**ASSIGNED TASK**
Search the data for the string "caller" and copy each line in which it appears.
** Opening EXERCISE MATERIAL block **
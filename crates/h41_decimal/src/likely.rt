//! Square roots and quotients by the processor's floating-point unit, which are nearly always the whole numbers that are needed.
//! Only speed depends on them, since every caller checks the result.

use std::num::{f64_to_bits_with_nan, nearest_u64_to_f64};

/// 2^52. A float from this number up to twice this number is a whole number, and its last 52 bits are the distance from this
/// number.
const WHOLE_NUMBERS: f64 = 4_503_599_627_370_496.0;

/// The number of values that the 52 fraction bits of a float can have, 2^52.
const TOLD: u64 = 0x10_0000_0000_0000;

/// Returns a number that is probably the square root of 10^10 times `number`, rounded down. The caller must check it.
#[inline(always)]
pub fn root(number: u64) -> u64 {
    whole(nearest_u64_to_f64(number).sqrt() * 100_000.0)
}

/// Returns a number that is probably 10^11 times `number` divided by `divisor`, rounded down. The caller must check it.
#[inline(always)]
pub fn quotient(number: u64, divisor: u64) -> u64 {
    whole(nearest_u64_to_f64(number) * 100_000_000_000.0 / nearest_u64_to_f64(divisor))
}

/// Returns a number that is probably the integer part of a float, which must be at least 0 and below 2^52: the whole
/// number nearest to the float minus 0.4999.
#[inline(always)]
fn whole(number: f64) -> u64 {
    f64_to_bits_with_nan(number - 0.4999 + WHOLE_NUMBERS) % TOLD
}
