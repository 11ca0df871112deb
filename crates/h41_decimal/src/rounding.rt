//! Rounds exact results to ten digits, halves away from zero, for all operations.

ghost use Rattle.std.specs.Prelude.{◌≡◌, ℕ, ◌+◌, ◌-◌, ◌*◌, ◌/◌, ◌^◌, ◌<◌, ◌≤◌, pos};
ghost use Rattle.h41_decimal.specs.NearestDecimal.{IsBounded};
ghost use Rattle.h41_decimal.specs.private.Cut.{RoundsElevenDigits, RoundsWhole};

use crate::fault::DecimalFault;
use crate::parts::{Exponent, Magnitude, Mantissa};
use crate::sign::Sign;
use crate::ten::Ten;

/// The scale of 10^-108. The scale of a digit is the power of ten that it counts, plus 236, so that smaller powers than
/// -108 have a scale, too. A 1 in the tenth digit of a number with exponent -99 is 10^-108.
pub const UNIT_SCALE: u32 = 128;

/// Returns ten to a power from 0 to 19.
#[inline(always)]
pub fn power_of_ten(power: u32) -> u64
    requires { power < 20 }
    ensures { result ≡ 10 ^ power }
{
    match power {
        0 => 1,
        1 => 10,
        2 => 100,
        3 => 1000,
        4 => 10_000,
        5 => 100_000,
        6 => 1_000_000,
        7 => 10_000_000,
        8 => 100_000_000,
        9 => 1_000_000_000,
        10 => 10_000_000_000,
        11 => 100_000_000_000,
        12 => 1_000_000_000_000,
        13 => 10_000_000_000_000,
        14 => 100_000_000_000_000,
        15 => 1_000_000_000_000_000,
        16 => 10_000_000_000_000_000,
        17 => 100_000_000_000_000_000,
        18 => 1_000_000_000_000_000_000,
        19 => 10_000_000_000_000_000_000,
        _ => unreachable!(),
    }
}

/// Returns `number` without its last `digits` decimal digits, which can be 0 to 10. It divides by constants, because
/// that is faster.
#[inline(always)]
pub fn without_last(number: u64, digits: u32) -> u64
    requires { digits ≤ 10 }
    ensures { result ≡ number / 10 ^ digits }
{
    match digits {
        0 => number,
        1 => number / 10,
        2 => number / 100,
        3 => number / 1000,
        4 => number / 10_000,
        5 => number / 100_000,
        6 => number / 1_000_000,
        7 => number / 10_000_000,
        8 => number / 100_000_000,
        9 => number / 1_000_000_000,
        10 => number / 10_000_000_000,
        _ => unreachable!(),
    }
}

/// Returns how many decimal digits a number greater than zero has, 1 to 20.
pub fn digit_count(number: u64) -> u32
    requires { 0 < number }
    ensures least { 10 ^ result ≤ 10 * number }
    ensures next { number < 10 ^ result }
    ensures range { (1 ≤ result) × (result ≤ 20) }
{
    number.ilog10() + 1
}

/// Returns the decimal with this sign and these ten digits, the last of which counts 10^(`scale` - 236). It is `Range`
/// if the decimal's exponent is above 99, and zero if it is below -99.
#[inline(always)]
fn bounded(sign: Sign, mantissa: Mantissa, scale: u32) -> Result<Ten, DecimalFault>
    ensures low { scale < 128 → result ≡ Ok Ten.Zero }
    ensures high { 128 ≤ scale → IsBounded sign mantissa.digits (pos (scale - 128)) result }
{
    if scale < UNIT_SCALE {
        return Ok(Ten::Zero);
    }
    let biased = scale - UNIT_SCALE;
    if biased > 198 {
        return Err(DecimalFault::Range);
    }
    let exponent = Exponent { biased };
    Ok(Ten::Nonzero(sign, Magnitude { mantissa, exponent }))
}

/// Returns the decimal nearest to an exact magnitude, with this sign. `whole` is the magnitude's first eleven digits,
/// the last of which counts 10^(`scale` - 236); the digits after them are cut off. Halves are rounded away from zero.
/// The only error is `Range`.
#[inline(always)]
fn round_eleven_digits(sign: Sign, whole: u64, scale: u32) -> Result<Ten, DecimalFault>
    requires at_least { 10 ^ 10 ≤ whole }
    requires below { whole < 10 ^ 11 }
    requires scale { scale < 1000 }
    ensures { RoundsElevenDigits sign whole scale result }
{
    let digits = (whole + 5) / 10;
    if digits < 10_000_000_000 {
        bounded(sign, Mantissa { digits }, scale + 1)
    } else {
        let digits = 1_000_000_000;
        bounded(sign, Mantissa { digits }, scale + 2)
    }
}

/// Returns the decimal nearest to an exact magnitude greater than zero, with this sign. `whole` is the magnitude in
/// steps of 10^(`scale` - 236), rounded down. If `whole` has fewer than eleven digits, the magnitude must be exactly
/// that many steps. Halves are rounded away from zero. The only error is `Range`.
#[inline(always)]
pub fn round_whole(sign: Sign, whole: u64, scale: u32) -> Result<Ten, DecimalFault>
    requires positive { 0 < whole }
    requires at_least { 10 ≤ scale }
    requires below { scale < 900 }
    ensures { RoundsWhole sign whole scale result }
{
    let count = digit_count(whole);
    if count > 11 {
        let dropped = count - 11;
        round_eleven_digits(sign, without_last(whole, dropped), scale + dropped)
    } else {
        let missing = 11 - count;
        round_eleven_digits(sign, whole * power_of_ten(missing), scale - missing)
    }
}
** Closing EXERCISE MATERIAL block **
**WRITTEN RESPONSE**
//! Only speed depends on them, since every caller checks the result.
/// Returns a number that is probably the square root of 10^10 times `number`, rounded down. The caller must check it.
/// Returns a number that is probably 10^11 times `number` divided by `divisor`, rounded down. The caller must check it.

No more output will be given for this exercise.